_Work request_
Each line of the data below containing "many" needs to be listed.
=== Data for processing ===
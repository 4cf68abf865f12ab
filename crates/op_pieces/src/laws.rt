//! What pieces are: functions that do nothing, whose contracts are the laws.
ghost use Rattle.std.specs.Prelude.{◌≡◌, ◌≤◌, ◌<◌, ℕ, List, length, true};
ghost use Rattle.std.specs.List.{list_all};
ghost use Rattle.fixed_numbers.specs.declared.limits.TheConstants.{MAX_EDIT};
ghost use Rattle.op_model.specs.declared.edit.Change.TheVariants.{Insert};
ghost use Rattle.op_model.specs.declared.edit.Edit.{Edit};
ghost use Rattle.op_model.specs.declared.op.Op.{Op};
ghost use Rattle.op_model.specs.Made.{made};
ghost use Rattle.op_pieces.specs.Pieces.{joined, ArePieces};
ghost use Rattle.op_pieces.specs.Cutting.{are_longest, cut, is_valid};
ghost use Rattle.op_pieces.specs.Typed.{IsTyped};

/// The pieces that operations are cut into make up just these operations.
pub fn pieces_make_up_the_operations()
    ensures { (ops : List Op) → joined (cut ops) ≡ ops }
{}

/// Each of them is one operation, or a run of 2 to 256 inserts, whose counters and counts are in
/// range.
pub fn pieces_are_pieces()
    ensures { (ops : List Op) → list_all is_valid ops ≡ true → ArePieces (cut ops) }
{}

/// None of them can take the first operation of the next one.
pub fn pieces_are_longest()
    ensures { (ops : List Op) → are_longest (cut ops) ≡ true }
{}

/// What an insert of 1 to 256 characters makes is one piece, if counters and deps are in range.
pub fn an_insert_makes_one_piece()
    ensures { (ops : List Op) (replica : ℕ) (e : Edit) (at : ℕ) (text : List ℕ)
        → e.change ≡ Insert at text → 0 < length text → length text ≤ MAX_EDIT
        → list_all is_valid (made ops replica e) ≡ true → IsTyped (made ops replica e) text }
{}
===
=== Data for processing ===
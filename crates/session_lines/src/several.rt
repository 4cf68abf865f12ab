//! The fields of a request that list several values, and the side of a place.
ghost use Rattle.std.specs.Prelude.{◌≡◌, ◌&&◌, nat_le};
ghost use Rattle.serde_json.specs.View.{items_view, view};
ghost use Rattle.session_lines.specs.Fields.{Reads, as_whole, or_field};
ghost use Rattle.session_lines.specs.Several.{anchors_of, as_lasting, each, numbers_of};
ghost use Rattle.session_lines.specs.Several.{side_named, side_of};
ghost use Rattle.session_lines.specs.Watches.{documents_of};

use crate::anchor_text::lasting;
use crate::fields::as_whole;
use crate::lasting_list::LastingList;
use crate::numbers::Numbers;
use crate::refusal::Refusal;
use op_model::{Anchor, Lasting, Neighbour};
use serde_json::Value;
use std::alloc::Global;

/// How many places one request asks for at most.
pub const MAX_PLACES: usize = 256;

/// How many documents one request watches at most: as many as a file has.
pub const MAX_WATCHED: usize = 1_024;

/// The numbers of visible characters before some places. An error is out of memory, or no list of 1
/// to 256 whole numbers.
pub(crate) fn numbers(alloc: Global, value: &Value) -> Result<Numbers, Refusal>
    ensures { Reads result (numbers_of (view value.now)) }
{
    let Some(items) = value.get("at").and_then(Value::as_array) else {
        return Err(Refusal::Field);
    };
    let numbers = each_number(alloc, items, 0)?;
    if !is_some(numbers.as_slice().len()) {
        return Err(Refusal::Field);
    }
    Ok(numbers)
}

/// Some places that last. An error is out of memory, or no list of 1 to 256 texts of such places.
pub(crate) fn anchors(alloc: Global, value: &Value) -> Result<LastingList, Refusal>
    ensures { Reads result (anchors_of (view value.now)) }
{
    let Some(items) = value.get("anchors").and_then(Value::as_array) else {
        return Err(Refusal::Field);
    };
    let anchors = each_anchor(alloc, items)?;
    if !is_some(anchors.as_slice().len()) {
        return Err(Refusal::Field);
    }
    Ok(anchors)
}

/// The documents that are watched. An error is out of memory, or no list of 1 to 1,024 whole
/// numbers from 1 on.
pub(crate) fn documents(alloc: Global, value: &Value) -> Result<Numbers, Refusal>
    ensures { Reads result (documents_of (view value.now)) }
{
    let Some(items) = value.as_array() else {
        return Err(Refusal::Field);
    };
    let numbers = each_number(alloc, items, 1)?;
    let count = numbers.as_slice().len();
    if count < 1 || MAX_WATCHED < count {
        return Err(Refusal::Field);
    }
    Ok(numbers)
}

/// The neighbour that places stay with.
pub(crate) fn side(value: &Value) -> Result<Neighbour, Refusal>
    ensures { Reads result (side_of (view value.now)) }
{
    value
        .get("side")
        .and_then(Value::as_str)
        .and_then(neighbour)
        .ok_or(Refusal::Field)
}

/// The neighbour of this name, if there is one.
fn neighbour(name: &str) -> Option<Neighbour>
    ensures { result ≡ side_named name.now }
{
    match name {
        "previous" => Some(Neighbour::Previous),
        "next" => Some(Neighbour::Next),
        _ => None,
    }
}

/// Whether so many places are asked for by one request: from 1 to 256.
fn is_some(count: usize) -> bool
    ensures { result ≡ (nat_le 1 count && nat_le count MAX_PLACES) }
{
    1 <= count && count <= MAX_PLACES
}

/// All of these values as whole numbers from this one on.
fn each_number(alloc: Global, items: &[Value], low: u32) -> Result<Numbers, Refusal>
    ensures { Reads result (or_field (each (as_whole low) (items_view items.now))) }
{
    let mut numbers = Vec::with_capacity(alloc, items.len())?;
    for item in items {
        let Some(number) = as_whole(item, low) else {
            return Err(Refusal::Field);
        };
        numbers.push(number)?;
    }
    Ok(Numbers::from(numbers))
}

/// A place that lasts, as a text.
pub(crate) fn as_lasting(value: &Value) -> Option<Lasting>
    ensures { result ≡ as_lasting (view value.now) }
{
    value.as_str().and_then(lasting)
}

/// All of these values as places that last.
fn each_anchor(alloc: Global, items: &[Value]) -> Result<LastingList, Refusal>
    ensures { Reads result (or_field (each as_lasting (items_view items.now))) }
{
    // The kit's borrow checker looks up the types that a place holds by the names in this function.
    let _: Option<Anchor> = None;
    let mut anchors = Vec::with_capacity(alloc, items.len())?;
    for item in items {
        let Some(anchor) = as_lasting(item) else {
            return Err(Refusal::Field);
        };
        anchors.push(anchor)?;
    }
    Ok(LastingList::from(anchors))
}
===
=== Data for processing ===
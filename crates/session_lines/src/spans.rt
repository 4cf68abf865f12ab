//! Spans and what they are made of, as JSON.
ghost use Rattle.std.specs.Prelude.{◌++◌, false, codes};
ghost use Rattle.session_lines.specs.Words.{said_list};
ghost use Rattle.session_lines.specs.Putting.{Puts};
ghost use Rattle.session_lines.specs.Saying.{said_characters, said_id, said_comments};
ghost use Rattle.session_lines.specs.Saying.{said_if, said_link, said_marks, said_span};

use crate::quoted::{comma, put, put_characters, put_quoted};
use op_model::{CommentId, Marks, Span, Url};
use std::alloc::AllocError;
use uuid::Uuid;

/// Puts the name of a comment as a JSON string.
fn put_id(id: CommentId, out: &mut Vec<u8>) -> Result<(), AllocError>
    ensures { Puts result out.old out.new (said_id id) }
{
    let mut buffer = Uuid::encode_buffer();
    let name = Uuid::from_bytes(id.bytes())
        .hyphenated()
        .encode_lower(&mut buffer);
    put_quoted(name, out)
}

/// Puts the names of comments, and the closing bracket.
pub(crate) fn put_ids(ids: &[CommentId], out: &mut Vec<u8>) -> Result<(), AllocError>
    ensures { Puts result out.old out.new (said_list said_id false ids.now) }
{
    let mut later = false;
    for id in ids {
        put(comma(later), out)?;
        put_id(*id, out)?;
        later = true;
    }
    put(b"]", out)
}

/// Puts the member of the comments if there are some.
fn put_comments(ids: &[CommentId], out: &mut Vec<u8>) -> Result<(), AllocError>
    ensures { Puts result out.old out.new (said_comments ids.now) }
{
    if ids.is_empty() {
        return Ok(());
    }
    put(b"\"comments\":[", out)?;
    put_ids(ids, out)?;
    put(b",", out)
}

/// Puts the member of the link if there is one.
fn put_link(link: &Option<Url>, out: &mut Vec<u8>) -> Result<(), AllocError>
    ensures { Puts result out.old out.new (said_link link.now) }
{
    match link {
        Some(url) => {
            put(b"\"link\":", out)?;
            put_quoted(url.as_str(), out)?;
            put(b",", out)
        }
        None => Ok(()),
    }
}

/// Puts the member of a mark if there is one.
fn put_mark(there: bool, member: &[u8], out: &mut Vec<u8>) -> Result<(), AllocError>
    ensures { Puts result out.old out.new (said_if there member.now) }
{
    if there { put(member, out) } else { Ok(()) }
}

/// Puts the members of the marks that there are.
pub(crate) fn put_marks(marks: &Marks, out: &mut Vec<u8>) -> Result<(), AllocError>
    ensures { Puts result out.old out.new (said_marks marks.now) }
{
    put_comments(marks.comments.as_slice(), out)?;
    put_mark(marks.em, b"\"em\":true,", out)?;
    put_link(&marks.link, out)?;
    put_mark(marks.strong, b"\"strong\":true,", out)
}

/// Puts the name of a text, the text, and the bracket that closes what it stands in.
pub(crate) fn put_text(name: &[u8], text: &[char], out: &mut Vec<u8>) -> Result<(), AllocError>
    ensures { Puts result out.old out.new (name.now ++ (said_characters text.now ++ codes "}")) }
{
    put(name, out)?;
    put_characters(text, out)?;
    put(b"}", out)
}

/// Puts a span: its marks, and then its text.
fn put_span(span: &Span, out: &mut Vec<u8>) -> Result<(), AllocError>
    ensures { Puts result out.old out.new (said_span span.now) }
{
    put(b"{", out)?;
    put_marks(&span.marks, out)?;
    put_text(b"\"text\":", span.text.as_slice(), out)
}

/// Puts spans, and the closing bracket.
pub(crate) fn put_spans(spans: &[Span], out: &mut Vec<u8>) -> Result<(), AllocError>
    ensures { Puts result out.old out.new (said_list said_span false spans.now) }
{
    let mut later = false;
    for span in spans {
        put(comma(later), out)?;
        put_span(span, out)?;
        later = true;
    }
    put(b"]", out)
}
===
_Solution to this problem_
/// How many places one request asks for at most.
/// How many documents one request watches at most: as many as a file has.
/// Whether so many places are asked for by one request: from 1 to 256.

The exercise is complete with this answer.